4. Impossibilidade de julgamento de mérito da ação originária, consoante o art. 1.013, §4º, do CPC (Princípio da Causa Madura), vez que o processo não entrou na fase de produção de provas.
5. Recurso conhecido e provido.
RELATÓRIO
APELAÇÃO CÍVEL (198) -0800585-24.2024.8.18.0059
Origem:
APELANTE: MARIA DO REMEDIO CARVALHO DO NASCIMENTO
Advogados do(a) APELANTE: FLAVIO FELIPE SAMPAIO DA ROCHA - PI7457-A, REGIANE MARIA LIMA - PI12105-A
APELADO: BANCO PAN S.A.
RELATOR(A): Desembargador 21ª Cadeira
RELATÓRIO
Trata-se de Apelação Cível interposta por MARIA DO REMÉDIO CARVALHO DO NASCIMENTO, contra sentença proferida pelo juízo da Vara Única da Comarca de Luís Correia/PI, nos autos da AÇÃO DE RESTITUIÇÃO DE VALORES C/C INDENIZAÇÃO POR DANO MORAL, em face de BANCO PAN S.A., ora apelado.

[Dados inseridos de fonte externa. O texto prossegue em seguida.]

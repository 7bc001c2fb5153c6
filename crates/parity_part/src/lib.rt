//! A part that checks packets by their longitudinal parity: a packet is whole where the XOR of all its words is zero, as it is where its
//! last word is the XOR of the others.
#![tactic(auto)]

ghost use Rattle.std.specs.Prelude.{◌≡◌};
ghost use Rattle.parity_part.specs.Parity.{ChecksPackets, parity_after, parity_replies, parity_reply};

use bench_parts::{Part, PartEvent, PartReply};

/// Replies to each event that is last, and to no other: with 0 where the words since the previous last word, its own included, have
/// the XOR 0, and with 1 otherwise.
#[derive(Drop)]
pub struct Parity {
    /// The XOR of the words since the previous last word.
    parity: u32,
}

impl Parity {
    /// The part, before any event. It takes no memory.
    #[tactic(auto, using(crate::proofs::Packets::checks_packets))]
    pub fn new() -> Parity
        ensures replies { ⟦<Parity as Part>⟧.behave result ≡ parity_replies 0 }
        ensures packets { ChecksPackets (⟦<Parity as Part>⟧.behave result) }
    {
        Parity { parity: 0 }
    }
}

/// The reply to an event.
fn reply(parity: u32, ev: PartEvent) -> PartReply
    ensures { result ≡ parity_reply parity ev }
{
    if !ev.last {
        return PartReply {
            has: false,
            word: 0,
        };
    }
    PartReply {
        has: true,
        word: if parity ^ ev.word == 0 { 0 } else { 1 },
    }
}

/// What is remembered after an event.
fn after(parity: u32, ev: PartEvent) -> u32
    ensures { result ≡ parity_after parity ev }
{
    if ev.last { 0 } else { parity ^ ev.word }
}

impl Part for Parity {
    ghost behave = { λ part. parity_replies part.parity };

    fn on(&mut self, ev: PartEvent) -> PartReply {
        let parity = self.parity;
        self.parity = after(parity, ev);
        reply(parity, ev)
    }
}
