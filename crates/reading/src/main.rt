// The program `reading`: hexadecimal lines in; one line per record out.
#![tactic(auto)]

use std::process::ExitCode;

fn main(rt: HostRuntime) -> ExitCode {
    ExitCode::from(commands::kernelstill_run_reading(rt))
}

Na sentença recorrida, o juízo de primeiro grau, extinguiu o processo, com resolução do mérito, nos termos do art. 332, § 1º, do CPC, pela ocorrência da prescrição, aduzindo que o prazo prescricional da ação ajuizada, tem como marco inicial, a data do primeiro desconto.
Em suas razões recursais (ID. 18849466), a apelante afirma que o contrato de empréstimo consignado em questão é ato de trato sucessivo, não havendo, via de consequência, em que se falar de prescrição, em razão da renovação mensal do prazo. Requer o provimento do recurso para anular a sentença vergastada e retorno dos autos a origem para o seu regular processamento.
O banco apelado apresentou contrarrazões (ID. 18849364), afirmando não ter a apelante apresentado qualquer matéria de fato e de direito que motive a alteração da sentença prolatada. Requer o improvimento do recurso e manutenção da sentença.
Na decisão de ID. 19029054, foi proferido juízo de admissibilidade recursal, com o recebimento do apelo nos efeitos suspensivo e devolutivo, nos termos do artigo 1.012, caput, e do artigo 1.013 do Código de Processo Civil.
Autos não encaminhados ao Ministério Público Superior, por não se tratar de hipótese que justifique sua intervenção, nos termos do Ofício-Circular nº 174/2021 (SEI nº 21.0.000043084-3).
É o relatório. Decido:
VOTO
VOTO
No presente recurso o ponto controvertido é o fato de o magistrado de primeiro grau ter reconhecido a prescrição e extinto o processo, com resolução de mérito, aduzindo que o prazo prescricional da ação ajuizada, tem como marco inicial, a data do primeiro desconto indevido.
Inicialmente, cumpre destacar que o Código de Defesa do Consumidor é aplicável às instituições financeiras, nos termos do entendimento consubstanciado no enunciado da Súmula N.º 297 do Superior Tribunal de Justiça, in verbis: “O Código de Defesa do Consumidor é aplicável às instituições financeiras”.
Assim, tendo em vista que o caso vertente trata de relação de consumo, o prazo previsto para ajuizamento da ação, é o previsto no art. 27 do CDC (5 anos) e não a regra geral, prevista no art. 206, §1º, II, “b”, do Código Civil brasileiro (3 anos).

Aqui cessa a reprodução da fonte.